Of course, the reason that efforts like folding at home are interested in wringing the last cycle of performance out of modern GPUs is that their computations are of enormous complexity – to achieve accurate results, the proteins being studied must be simulated at the atomic level.  Since each protein molecule contains hundreds if not thousands of atoms, the software that simulates the physical interactions between all the atoms must perform billions of linear algebra calculations.

So what does protein folding have to do with Mises?  Protein folding requires a focus on each, individual atom.  Protein folding algorithms must calculate the actions of each individual atom to achieve results worth more than a bucket of warm spit.  Each atom is vitally important.  Any “statistical” efforts to understand the protein “as a whole” are worse than worthless.  You have to do the math, per atom.  If you have to use statistics, you really don’t know what you’re talking about.

And, as Mises showed again and again, the same principle applies to economics.  To achieve any results worth more than a bucket of warm spit, you have to consider the individual actors.  Period.  Anything else is mere guesswork.  And in the age before supercomputers, Mises had the courage to say so.  Which takes a lot of courage – Mises had the integrity not to spew a lot of fake “mathematics” to cover his (and everyone else’s) necessary ignorance of economics “in the large.”  Would that more economists followed his example.
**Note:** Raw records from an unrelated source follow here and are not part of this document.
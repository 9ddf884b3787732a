//! The operations that a call begins with its own arguments.

ghost use Rattle.std.specs.Prelude.{◌≡◌, ◌++◌, ℕ, List, Option, Some, None, length, true, false, if◌then◌else◌, IfOk, OnOk};
ghost use Rattle.std.specs.Option.{option_map, option_to_list};
ghost use Rattle.must_call.specs.declared.field.Side.TheVariants as side;
ghost use Rattle.must_call.specs.declared.field.Field.TheVariants as field;
ghost use Rattle.must_call.specs.declared.call.Call.{Call};
ghost use Rattle.must_rules.specs.Rank.{Rank};
ghost use Rattle.must_rules.specs.Breaches.{part_in};
ghost use Rattle.must_rules.specs.Clear.{is_clear};
ghost use Rattle.must_rules.specs.Making.{is_persistent_kind};
ghost use Rattle.must_rules.specs.UsableParts.{usable_parts};
ghost use Rattle.must_rules.specs.PendingOperations.{begun_request, request_in};
ghost use Rattle.must_messages.specs.Asking.{AreBegun};
ghost use Rattle.must_rules.specs.Operations.{Message, operation, message_at, operations_at};
ghost use Rattle.must_parts.specs.Telling.{Sees};
ghost use Rattle.must_begin.specs.Telling.{IsOn, IsAskedOf, IsBegunOf};

use crate::named::Named;
use crate::sides::{probed, sent, taken};
use crate::terms::{taken_part, waits_for_probe};
use must_args::{Usable, View};
use must_base::NoMemory;
use must_call::{Body, Call, Class};
use must_derived::Datatypes;
use must_handle::made;
use must_messages::{Asked, Begun};
use std::alloc::Global;

/// Whether a call is of the family that makes and starts persistent requests.
pub(crate) fn is_persistent_kind(body: &Body) -> bool
    ensures { result ≡ is_persistent_kind body.now }
{
    matches!(body, Body::Persist(_))
}

fn request_in(made: Option<(Class, u32)>) -> Option<u32>
    ensures { result ≡ request_in made }
{
    match made {
        Some((Class::Request, request)) => Some(request),
        _ => None,
    }
}

/// The request of the operations that a call begins with its own arguments.
#[tactic(auto, unfolding(must_rules::specs::Making::persists))]
fn begun_request(call: &Call) -> Option<u32>
    ensures { result ≡ begun_request call.now }
{
    if is_persistent_kind(&call.body) {
        None
    } else {
        request_in(made(call))
    }
}

/// What a side of a call asks for, as an operation.
fn begun_with(part: u32, request: Option<u32>, asked: Option<Asked>) -> Option<Begun>
    ensures { (call : ℕ) (m : Option Message) → IsAskedOf asked m → IsBegunOf call result (option_map (operation call part request) m) }
{
    match asked {
        Some(asked) => Some(Begun {
            part,
            request,
            asked,
        }),
        None => None,
    }
}

/// Puts an operation behind the others, where there is one.
pub(crate) fn push_begun(begun: &mut Vec<Begun>, more: Option<Begun>) -> Result<(), NoMemory>
    ensures { OnOk result (begun.new.items ≡ begun.old.items ++ option_to_list more) }
{
    if let Some(more) = more {
        begun.push(more)?;
    }
    Ok(())
}

/// What a call receives or waits to probe.
fn awaited<V: View>(
    alloc: Global,
    view: &V,
    types: &Datatypes,
    on: Option<Named<'_>>,
    call: &Call,
    usable: &Usable,
) -> Result<Option<Asked>, NoMemory>
    requires clear { usable.now.clear ≡ is_clear (V.facts view.now) call.now.body }
    requires parts { usable.now.parts ≡ usable_parts (V.facts view.now) (V.sound view.now) call.now.body }
    ensures { IfOk result (λ asked. (r : Rank) (calls : List Call) → Sees r calls (V.facts view.now) (V.sound view.now) (V.starts view.now) types.now → IsOn r calls call.now.body on.entry → IsAskedOf asked (message_at r calls call.now side.Receive)) }
{
    if let Some(asked) = taken(alloc, types, on, call, usable.parts)? {
        return Ok(Some(asked));
    }
    if !waits_for_probe(&call.body) {
        return Ok(None);
    }
    let asked = probed(alloc, view, types, on, call, usable.clear)?;
    Ok(asked)
}

/// The operations that a call begins with its own arguments, where it makes or starts no persistent request.
pub(crate) fn begun_here<V: View>(
    alloc: Global,
    view: &V,
    types: &Datatypes,
    on: Option<Named<'_>>,
    call: &Call,
    usable: &Usable,
) -> Result<Vec<Begun>, NoMemory>
    requires clear { usable.now.clear ≡ is_clear (V.facts view.now) call.now.body }
    requires parts { usable.now.parts ≡ usable_parts (V.facts view.now) (V.sound view.now) call.now.body }
    requires plain { is_persistent_kind call.now.body ≡ false }
    ensures { IfOk result (λ begun. (r : Rank) (calls : List Call) → Sees r calls (V.facts view.now) (V.sound view.now) (V.starts view.now) types.now → IsOn r calls call.now.body on.entry → AreBegun (length calls) begun.items (operations_at r calls call.now)) }
{
    let mut begun = Vec::new(alloc);
    let request = begun_request(call);
    let sent = sent(alloc, types, on, call, usable.parts)?;
    push_begun(&mut begun, begun_with(0, request, sent))?;
    let awaited = awaited(alloc, view, types, on, call, usable)?;
    push_begun(
        &mut begun,
        begun_with(taken_part(&call.body), request, awaited),
    )?;
    Ok(begun)
}
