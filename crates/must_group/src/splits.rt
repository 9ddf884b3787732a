//! The groups that a split of a communicator makes.

ghost use Rattle.std.specs.Prelude.{◌≡◌, ℕ, ℤ, List, IfOk, OnOk, Option, Some, ◌∷◌, [], ◌++◌, map, nat_eq, unwrap_or, if◌then◌else◌, false, not, negsuc, IsPermutation, IsSortedByKey};
ghost use Rattle.std.specs.BTreeMap as tree;
ghost use Rattle.std.specs.List.{IsDistinct};
ghost use Rattle.std.specs.List.Sorted.{IsStableByKey};
ghost use Rattle.std.specs.Option.{option_copied};
ghost use Rattle.std.specs.Ordering.{int_cmp, int_eq};
ghost use Rattle.std.specs.Set.{is_member};
ghost use Rattle.must_group.specs.Split.{split_groups, group_at};

use crate::group::Group;
use must_base::NoMemory;
use must_call::UNDEFINED;
use std::alloc::Global;
use std::collections::BTreeMap;
use std::marker::Model;

/// What one process of the old communicator gave to a split.
#[derive(Clone, Copy, Debug, PartialEq, Eq)]
pub struct SplitRow {
    /// Its world rank.
    pub member: u32,
    /// The processes of one color make one new group; -1 is `MPI_UNDEFINED`.
    pub color: i32,
    /// Orders the new group.
    pub key: i32,
}

/// The groups of a split, by the rows that it was given.
#[derive(Drop)]
pub struct Groups {
    colors: Vec<i32>,
    groups: BTreeMap<i32, Group>,
}

impl Model for Groups {
    ghost use Rattle.std.specs.Prelude.{List, Option, ℕ, map};
    ghost use Rattle.std.specs.BTreeMap as tree;
    ghost use Rattle.std.specs.Ordering.{int_cmp};

    ghost Value = { List (Option (List ℕ)) };

    ghost view = { λ g. map (λ color. tree.get int_cmp g.groups color) g.colors.items };
}

impl Groups {
    /// The group of the i-th row. There is none where there is no such row, or its color is `MPI_UNDEFINED`.
    ///
    /// It takes no memory.
    pub fn of(&self, i: u32) -> Option<&Group>
        ensures { option_copied result ≡ group_at self.now i }
    {
        let color = self.colors.get(i as usize)?;
        self.groups.get(color)
    }
}

/// Whether the process of a row is in a new group.
fn is_defined(row: &SplitRow) -> bool
    ensures { result ≡ not (int_eq row.now.color (negsuc 0)) }
{
    row.color != UNDEFINED
}

/// The color of each row.
fn colors_of(alloc: Global, rows: &[SplitRow]) -> Result<Vec<i32>, NoMemory>
    ensures { IfOk result (λ v. v.items ≡ map (λ row. row.color) rows.now) }
{
    Ok(rows.iter().map(|row| row.color).collect(alloc)?)
}

/// The rows by key, and those of one key in their old order.
fn by_key(alloc: Global, rows: &[SplitRow]) -> Result<Vec<SplitRow>, NoMemory>
    ensures permutation { IfOk result (λ v. IsPermutation rows.now v.items) }
    ensures sorted { IfOk result (λ v. IsSortedByKey (λ row. row.key) int_cmp v.items) }
    ensures stable { IfOk result (λ v. IsStableByKey (λ row. row.key) int_cmp rows.now v.items) }
{
    let mut ordered = rows.to_vec(alloc)?;
    ordered.sort_by_key(|row| row.key)?;
    Ok(ordered)
}

/// Puts the process of a row behind the others of its color.
fn join(alloc: Global, groups: &mut BTreeMap<i32, Group>, row: &SplitRow) -> Result<(), NoMemory>
    requires { is_member nat_eq (unwrap_or (tree.get int_cmp groups.old row.now.color) []) row.now.member ≡ false }
    ensures { OnOk result ((color : ℤ) → tree.get int_cmp groups.new color
        ≡ (if int_eq row.now.color color then Some (unwrap_or (tree.get int_cmp groups.old row.now.color) [] ++ row.now.member ∷ []) else tree.get int_cmp groups.old color)) }
{
    let group = groups.entry(row.color)?.or_insert(Group::empty(alloc));
    group.push(row.member)
}

/// The groups of a split with these rows, which stand in the order of the old communicator (`MPI_Comm_split`).
///
/// A new group has the members of one color by key, and those of one key in their old order.
pub fn split(alloc: Global, rows: &[SplitRow]) -> Result<Groups, NoMemory>
    requires { IsDistinct nat_eq (map (λ row. row.member) rows.now) }
    ensures { IfOk result (λ groups. groups ≡ split_groups rows.now) }
{
    let ordered = by_key(alloc, rows)?;
    let mut groups = BTreeMap::new(alloc);
    for row in &ordered {
        if is_defined(row) {
            join(alloc, &mut groups, row)?;
        }
    }
    let colors = colors_of(alloc, rows)?;
    Ok(Groups { colors, groups })
}
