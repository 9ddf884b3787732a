//! Names of communicators.

ghost use Rattle.std.specs.Prelude.{◌≡◌, ◌↔◌, ◌++◌, ◌∷◌, [], ◌≤◌, IfOk, Err, length, refl};
ghost use Rattle.std.specs.Ordering.{as_partial_cmp, eq_by_cmp};
ghost use Rattle.std.specs.declared.cmp.Ordering.TheVariants.{Equal};
ghost use Rattle.must_group.specs.Names.{child_name, name_cmp};
ghost use Rattle.must_group.specs.NameOrder.{name_total};
ghost use Rattle.std.specs.Cmp.{partial_equiv_from_equiv, partial_order_from_own_ties, partial_order_from_total};
ghost use Rattle.std.proofs.lemmas.Cmp.{eq_by_cmp_equiv};

use crate::fault::NameFault;
use crate::group::Group;
use must_base::NoMemory;
use std::alloc::Global;
use std::cmp::Ordering;
use std::marker::Model;
use std::sync::Arc;

/// The most steps of a path.
const LONGEST_PATH: usize = 32;

/// One step from a communicator to one that a collective call on it made.
#[derive(Clone, Copy, PartialEq, Eq, PartialOrd, Ord)]
pub struct Step {
    /// The number of the making call among the collectives of the communicator.
    pub number: u32,
    /// Tells apart the communicators of one call: 0 for a duplicate, the color of a split, the first member of a created one.
    pub class: i32,
}

/// The name of a communicator, by which its calls at all ranks are told to be on one communicator.
///
/// A name is a root, a path and the members. The root is 0 for `MPI_COMM_WORLD` and 1 for `MPI_COMM_SELF`. The path has a step
/// for each collective call on the way from the root. Path and members are shared by all copies.
///
/// Names are ordered by root, then path, then members. Of two lists the first difference decides, and a proper prefix comes
/// first. Steps are ordered by number, then class. Two names compare as equal exactly where they are equal, so a name can be the
/// key of an ordered map.
#[derive(Drop)]
pub struct CommName {
    root: u8,
    path: Arc<Vec<Step>>,
    members: Arc<Group>,
}

impl Model for CommName {
    ghost use Rattle.std.specs.Prelude.{◌≤◌, length};
    ghost use Rattle.must_group.specs.Names.{Name};

    ghost Value = { Name };

    ghost view = { λ n. record { root = n.root; path = n.path.value.items; members = n.members.value } };

    ghost invariant = { λ n. length n.path.value.items ≤ 32 };
}

impl CommName {
    /// The name of a root, which has an empty path.
    pub fn start(alloc: Global, root: u8, members: Group) -> Result<CommName, NoMemory>
        ensures { IfOk result (λ name. name ≡ record { root = root; path = []; members = members }) }
    {
        named(alloc, root, Vec::new(alloc), members)
    }

    /// An equal name, which shares path and members, so it takes no memory. `NoMemory` comes only where there are too many copies
    /// to count.
    pub fn copy(&self) -> Result<CommName, NoMemory>
        ensures { IfOk result (λ name. name ≡ self.now) }
    {
        Ok(CommName {
            root: self.root,
            path: Arc::try_clone(&self.path)?,
            members: Arc::try_clone(&self.members)?,
        })
    }

    /// The members as they were recorded.
    pub fn members(&self) -> &Group
        ensures { result.now ≡ self.now.members }
    {
        &self.members
    }

    /// The name of a communicator that a collective call on this one made, with this step at the end of the path.
    ///
    /// `TooDeep` comes exactly where the path has 32 steps already.
    pub fn child(
        &self,
        alloc: Global,
        number: u32,
        class: i32,
        members: Group,
    ) -> Result<CommName, NameFault>
        ensures ok { IfOk result (λ name. name ≡ child_name self.now number class members) }
        ensures deep { (result ≡ Err NameFault.TooDeep) ↔ (length self.now.path ≡ 32) }
        ensures bounded { length self.now.path ≤ 32 }
    {
        if self.path.len() >= LONGEST_PATH {
            return Err(NameFault::TooDeep);
        }
        let path = longer(alloc, &self.path, Step { number, class })?;
        Ok(named(alloc, self.root, path, members)?)
    }
}

/// The steps, and one more at the end.
fn longer(alloc: Global, path: &[Step], step: Step) -> Result<Vec<Step>, NoMemory>
    ensures { IfOk result (λ v. v.items ≡ path.now ++ step ∷ []) }
{
    let mut longer = path.to_vec(alloc)?;
    longer.push(step)?;
    Ok(longer)
}

/// The name with these parts.
fn named(alloc: Global, root: u8, path: Vec<Step>, members: Group) -> Result<CommName, NoMemory>
    requires { length path.items ≤ 32 }
    ensures { IfOk result (λ name. name ≡ record { root = root; path = path.items; members = members }) }
{
    let path = Arc::new(alloc, path)?;
    let members = Arc::new(alloc, members)?;
    Ok(CommName {
        root,
        path,
        members,
    })
}

/// By root, then path, then members.
fn compare(name: &CommName, other: &CommName) -> Ordering
    ensures { result ≡ name_cmp name.now other.now }
{
    let roots = name.root.cmp(&other.root);
    roots
        .then_with(|| name.path.as_slice().cmp(other.path.as_slice()))
        .then_with(|| name.members.ranks().cmp(other.members.ranks()))
}

impl PartialEq for CommName {
    ghost eq = { eq_by_cmp name_cmp };

    ghost laws = { partial_equiv_from_equiv (eq_by_cmp_equiv name_total) };

    fn eq(&self, other: &CommName) -> bool {
        self.cmp(other).is_eq()
    }
}

impl Eq for CommName {
    ghost laws = { eq_by_cmp_equiv name_total };
}

impl PartialOrd for CommName {
    ghost partial_cmp = { as_partial_cmp name_cmp };

    ghost laws = { partial_order_from_own_ties (partial_order_from_total name_total) (λ x y. refl) };

    fn partial_cmp(&self, other: &CommName) -> Option<Ordering> {
        Some(self.cmp(other))
    }
}

impl Ord for CommName {
    ghost cmp = { name_cmp };

    ghost total = { name_total };

    ghost matches_partial_cmp = { λ x y. refl };

    ghost matches_eq = { λ x y. refl };

    fn cmp(&self, other: &CommName) -> Ordering
        ensures order { result ≡ name_cmp self.now other.now }
        ensures equal { (result ≡ Equal) ↔ (self.now ≡ other.now) }
    {
        compare(self, other)
    }
}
I say “the age before supercomputers” in the hope against hope that immense computational resources might help us to achieve results deeper than what Mises could achieve – results based on the computation of the interaction between individual actors.  But I think Mises would probably deny that even supercomputers would help economics.  They certainly help for very complex physics problems: weather prediction, protein folding, atom smashing, and so forth, but of course human reasoning does not follow physical laws.

Being the curious person that I am, I’m always interested to see if some economist can achieve deeper, more fundamental results than Mises did.  Unfortunately, without an accurate model of human action based on linear algebra, I’m afraid that supercomputers aren’t going to help all that much.